--- START ---

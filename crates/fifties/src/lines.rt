// The tallies of the tramos and the vertices: 50 to 53 and 59.
ghost use Rattle.std.specs.Prelude.{◌≡◌, map, ◌≤◌, ◌<◌, length};
ghost use Rattle.laws.specs.Find.{names};
ghost use Rattle.index.specs.Keys.{listed};
ghost use Rattle.record.specs.Files.{files_of, delivery_of};
ghost use Rattle.record.specs.Names.{key_of};
ghost use Rattle.record.specs.machinery.Columns.{Fills};
ghost use Rattle.fifties.specs.machinery.Cells.{fifty_tally};
ghost use Rattle.topology.specs.machinery.Nodes.{Tips};
ghost use Rattle.topology.specs.machinery.Used.{Used};
ghost use Rattle.topology.specs.Rules.{highest_in, tramo_line, tramo_start, tramo_end, ends_tramo};

use crate::room::Room;
use index::tally::{Tally, no_tally, with_marks};
use index::way::Lookup;
use record::files::file_of;
use record::fill::{fill_keys, fill_names};
use record::kind::{FILES, Kind};
use topology::ends::{End, mark_apart, mark_endless};
use topology::orders::{mark_alone, mark_gaps};
use topology::places::{Nodes, Vertices};
use topology::spots::fill_positions;
use topology::tops::prepare_ends;

// 50 and 51, of the vertices, with their keys in hand.
fn tally_vertices<'a>(files: [&'a [u8]; FILES], keys: &Lookup<'_>, marks: &mut [u8]) -> Tally
    requires { Fills keys.now.keys.now (key_of Kind.Vertice (delivery_of (files_of (map (λ x. x.now) files)) Kind.Vertice)) (delivery_of (files_of (map (λ x. x.now) files)) Kind.Vertice).count keys.now.n × (keys.now.n ≤ length marks.old) }
    ensures { result ≡ fifty_tally (delivery_of (files_of (map (λ x. x.now) files.entry))) Kind.Vertice }
{
    mark_gaps(keys, marks);
    let t = with_marks(no_tally(), marks, keys.n, 20);
    mark_alone(keys, marks);
    with_marks(t, marks, keys.n, 21)
}

// 59, 52 and 53, of t tramos, with the columns of the highest keys of their lines and of their nodes' names, and the vertices and the nodes in
// hand.
fn tally_ends<'a>(
    files: [&'a [u8]; FILES],
    ends: &[u64],
    starts: &[u64],
    lasts: &[u64],
    t: usize,
    vertices: &Vertices<'_, '_>,
    nodes: &Nodes<'_, '_>,
    named: &mut [u8],
    marks: &mut [u8],
) -> Tally
    requires { (vertices.now.file.now ≡ files_of (map (λ x. x.now) files) Kind.Vertice) × (nodes.now.file.now ≡ files_of (map (λ x. x.now) files) Kind.Nodo) × Fills ends.now (λ i. highest_in (listed vertices.now.keys.keys.now) (tramo_line (delivery_of (files_of (map (λ x. x.now) files)) Kind.Tramo) i) vertices.now.keys.n) (delivery_of (files_of (map (λ x. x.now) files)) Kind.Tramo).count t × Fills starts.now (tramo_start (delivery_of (files_of (map (λ x. x.now) files)) Kind.Tramo)) (delivery_of (files_of (map (λ x. x.now) files)) Kind.Tramo).count t × Fills lasts.now (tramo_end (delivery_of (files_of (map (λ x. x.now) files)) Kind.Tramo)) (delivery_of (files_of (map (λ x. x.now) files)) Kind.Tramo).count t × (t ≤ length marks.old) × (nodes.now.ids.n ≤ length named.old) }
    ensures value { result ≡ fifty_tally (delivery_of (files_of (map (λ x. x.now) files.entry))) Kind.Tramo }
    ensures held { Used nodes.now.ids.keys.now nodes.now.ids.order.now nodes.now.ids.hints.now nodes.now.ids.way.hinted nodes.now.ids.n named.old named.new (ends_tramo (delivery_of (files_of (map (λ x. x.now) files.entry)) Kind.Tramo)) }
{
    mark_endless(ends, t, marks);
    let endless = with_marks(no_tally(), marks, t, 49);
    mark_apart(End::Start, ends, starts, t, vertices, nodes, named, marks);
    let started = with_marks(endless, marks, t, 62);
    mark_apart(End::Last, ends, lasts, t, vertices, nodes, named, marks);
    with_marks(started, marks, t, 73)
}

// The same with room for the columns. Two are lent twice: what the vertices' lines and their highest keys stood in then has the nodes' names.
fn tally_tramos<'a, const N: usize, const H: usize>(
    files: [&'a [u8]; FILES],
    keys: &Lookup<'_>,
    nodes: &Nodes<'_, '_>,
    room: &mut Room<N, H>,
) -> Tally
    requires { Fills keys.now.keys.now (key_of Kind.Vertice (delivery_of (files_of (map (λ x. x.now) files)) Kind.Vertice)) (delivery_of (files_of (map (λ x. x.now) files)) Kind.Vertice).count keys.now.n × (nodes.now.file.now ≡ files_of (map (λ x. x.now) files) Kind.Nodo) × ((k : Kind) → (delivery_of (files_of (map (λ x. x.now) files)) k).count ≤ N) × (nodes.now.ids.n ≤ N) }
    ensures value { result ≡ fifty_tally (delivery_of (files_of (map (λ x. x.now) files.entry))) Kind.Tramo }
    ensures held { Used nodes.now.ids.keys.now nodes.now.ids.order.now nodes.now.ids.hints.now nodes.now.ids.way.hinted nodes.now.ids.n room.old.named room.new.named (ends_tramo (delivery_of (files_of (map (λ x. x.now) files.entry)) Kind.Tramo)) }
    ensures tipped { Tips room.new.tips (delivery_of (files_of (map (λ x. x.now) files.entry)) Kind.Vertice) }
{
    let tramo = file_of(files, Kind::Tramo);
    let vertice = file_of(files, Kind::Vertice);
    let t = prepare_ends(
        tramo,
        keys.keys,
        keys.n,
        &mut room.a,
        &mut room.hints,
        &mut room.order,
        &mut room.b,
        &mut room.c,
        &mut room.tips,
        &mut room.e,
    );
    fill_positions(vertice, Kind::Vertice, N, &mut room.c, &mut room.d);
    fill_names(tramo, Kind::Tramo, 6, &mut room.a);
    fill_names(tramo, Kind::Tramo, 7, &mut room.b);
    let vertices = Vertices {
        file: vertice,
        keys: *keys,
        xs: &room.c,
        ys: &room.d,
    };
    tally_ends(
        files,
        &room.e,
        &room.a,
        &room.b,
        t,
        &vertices,
        nodes,
        &mut room.named,
        &mut room.marks,
    )
}

// The tallies of the tramos and of the vertices.
#[derive(Clone, Copy)]
pub struct Lines {
    pub tramos: Tally,
    pub vertices: Tally,
}

// They are made together, with the nodes in hand and room lent: the keys of the vertices are read and prepared once for both, and no other
// rule looks them up.
pub(crate) fn tally_lines<'a, const N: usize, const H: usize>(
    files: [&'a [u8]; FILES],
    nodes: &Nodes<'_, '_>,
    keys: &mut [u64],
    key_hints: &mut [u16],
    key_order: &mut [usize],
    room: &mut Room<N, H>,
) -> Lines
    requires { (nodes.now.file.now ≡ files_of (map (λ x. x.now) files) Kind.Nodo) × ((k : Kind) → (delivery_of (files_of (map (λ x. x.now) files)) k).count ≤ N) × (N ≤ length keys.old) × (N ≤ length key_order.old) × (nodes.now.ids.n ≤ N) }
    ensures tramos_value { result.tramos ≡ fifty_tally (delivery_of (files_of (map (λ x. x.now) files.entry))) Kind.Tramo }
    ensures others { result.vertices ≡ fifty_tally (delivery_of (files_of (map (λ x. x.now) files.entry))) Kind.Vertice }
    ensures held { Used nodes.now.ids.keys.now nodes.now.ids.order.now nodes.now.ids.hints.now nodes.now.ids.way.hinted nodes.now.ids.n room.old.named room.new.named (ends_tramo (delivery_of (files_of (map (λ x. x.now) files.entry)) Kind.Tramo)) }
    ensures tipped { Tips room.new.tips (delivery_of (files_of (map (λ x. x.now) files.entry)) Kind.Vertice) }
{
    let n = fill_keys(file_of(files, Kind::Vertice), Kind::Vertice, keys);
    let by = Lookup::prepare(keys, n, key_hints, key_order);
    let tramos = tally_tramos(files, &by, nodes, room);
    let vertices = tally_vertices(files, &by, &mut room.marks);
    Lines { tramos, vertices }
}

--- END ---

PROBLEM DETAILS: Take the entries above and copy them exactly from the first line through the line with "fn tally_vertices<'a>(files: [&'a"; leave out every line after it.

EXERCISE ANSWER:
filename crates/fifties/src/lines.rt
// The tallies of the tramos and the vertices: 50 to 53 and 59.
ghost use Rattle.std.specs.Prelude.{◌≡◌, map, ◌≤◌, ◌<◌, length};
ghost use Rattle.laws.specs.Find.{names};
ghost use Rattle.index.specs.Keys.{listed};
ghost use Rattle.record.specs.Files.{files_of, delivery_of};
ghost use Rattle.record.specs.Names.{key_of};
ghost use Rattle.record.specs.machinery.Columns.{Fills};
ghost use Rattle.fifties.specs.machinery.Cells.{fifty_tally};
ghost use Rattle.topology.specs.machinery.Nodes.{Tips};
ghost use Rattle.topology.specs.machinery.Used.{Used};
ghost use Rattle.topology.specs.Rules.{highest_in, tramo_line, tramo_start, tramo_end, ends_tramo};

use crate::room::Room;
use index::tally::{Tally, no_tally, with_marks};
use index::way::Lookup;
use record::files::file_of;
use record::fill::{fill_keys, fill_names};
use record::kind::{FILES, Kind};
use topology::ends::{End, mark_apart, mark_endless};
use topology::orders::{mark_alone, mark_gaps};
use topology::places::{Nodes, Vertices};
use topology::spots::fill_positions;
use topology::tops::prepare_ends;

// 50 and 51, of the vertices, with their keys in hand.
fn tally_vertices<'a>(files: [&'a [u8]; FILES], keys: &Lookup<'_>, marks: &mut [u8]) -> Tally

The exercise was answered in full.